- EXERCISE INSTRUCTIONS
Which of the lines below mention the word "once"? Pull each one out.

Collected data

>>>

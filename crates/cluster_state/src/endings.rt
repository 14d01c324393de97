//! Transactions are answered, refused or lost.

ghost use Rattle.std.specs.Prelude.{◌≡◌, ◌∷◌, [], OnErr, OnOk};
ghost use Rattle.journal.specs.declared.entries.JournalEntry.TheVariants as made;
ghost use Rattle.run_laws.specs.Order.{IsAnswerDue, IsLossDue, IsRefusalDue};
ghost use Rattle.run_laws.specs.Waited.{HasWaited};
ghost use Rattle.run_words.specs.History.{Made};
ghost use Rattle.cluster_state.specs.Tied.{HasMade, IsTied, IsUnrecorded, past, the_setup};

use crate::state::State;
use journal::{JournalEntry, StatementResult, Why};
use mr_base::{ListOf, Memory, SqlState, Ts, TxnId};

impl State {
    /// A transaction is refused, in its own step or where its wait has ended.
    pub fn refuse(&mut self, txn: TxnId, why: Why) -> Result<(), Memory>
        requires tied { IsTied self.old }
        requires due { IsRefusalDue (past self.old) txn why }
        ensures made { OnOk result (HasMade (Made (made.Refuse txn why) ∷ []) self.old self.new) }
        ensures err { OnErr result (IsUnrecorded self.old self.new) }
    {
        self.ledger.reserve(1)?;
        self.ledger.write(JournalEntry::Refuse { txn, why });
        Ok(())
    }

    /// A transaction is acknowledged at a timestamp, once its gateway's clock has come to that.
    pub fn ack(
        &mut self,
        txn: TxnId,
        ts: Ts,
        results: ListOf<StatementResult>,
    ) -> Result<(), Memory>
        requires tied { IsTied self.old }
        requires due { IsAnswerDue (past self.old) txn }
        requires waited { HasWaited (the_setup self.old) (past self.old) txn ts }
        ensures made { OnOk result (HasMade (Made (made.Ack txn ts results) ∷ []) self.old self.new) }
        ensures err { OnErr result (IsUnrecorded self.old self.new) }
    {
        self.ledger.reserve(1)?;
        self.ledger.write(JournalEntry::Ack { txn, ts, results });
        Ok(())
    }

    /// A transaction ends by a fault of its statements at a timestamp, once its gateway's clock has come to that.
    pub fn fault(&mut self, txn: TxnId, ts: Ts, state: SqlState) -> Result<(), Memory>
        requires tied { IsTied self.old }
        requires due { IsAnswerDue (past self.old) txn }
        requires waited { HasWaited (the_setup self.old) (past self.old) txn ts }
        ensures made { OnOk result (HasMade (Made (made.Fault txn ts state) ∷ []) self.old self.new) }
        ensures err { OnErr result (IsUnrecorded self.old self.new) }
    {
        self.ledger.reserve(1)?;
        self.ledger.write(JournalEntry::Fault { txn, ts, state });
        Ok(())
    }

    /// A transaction is lost where its gateway stops.
    pub fn lose(&mut self, txn: TxnId) -> Result<(), Memory>
        requires tied { IsTied self.old }
        requires due { IsLossDue (past self.old) txn }
        ensures made { OnOk result (HasMade (Made (made.Lost txn) ∷ []) self.old self.new) }
        ensures err { OnErr result (IsUnrecorded self.old self.new) }
    {
        self.ledger.reserve(1)?;
        self.ledger.write(JournalEntry::Lost { txn });
        Ok(())
    }
}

<<<

- ANSWER TO THIS TASK
    /// A transaction is acknowledged at a timestamp, once its gateway's clock has come to that.
    /// A transaction ends by a fault of its statements at a timestamp, once its gateway's clock has come to that.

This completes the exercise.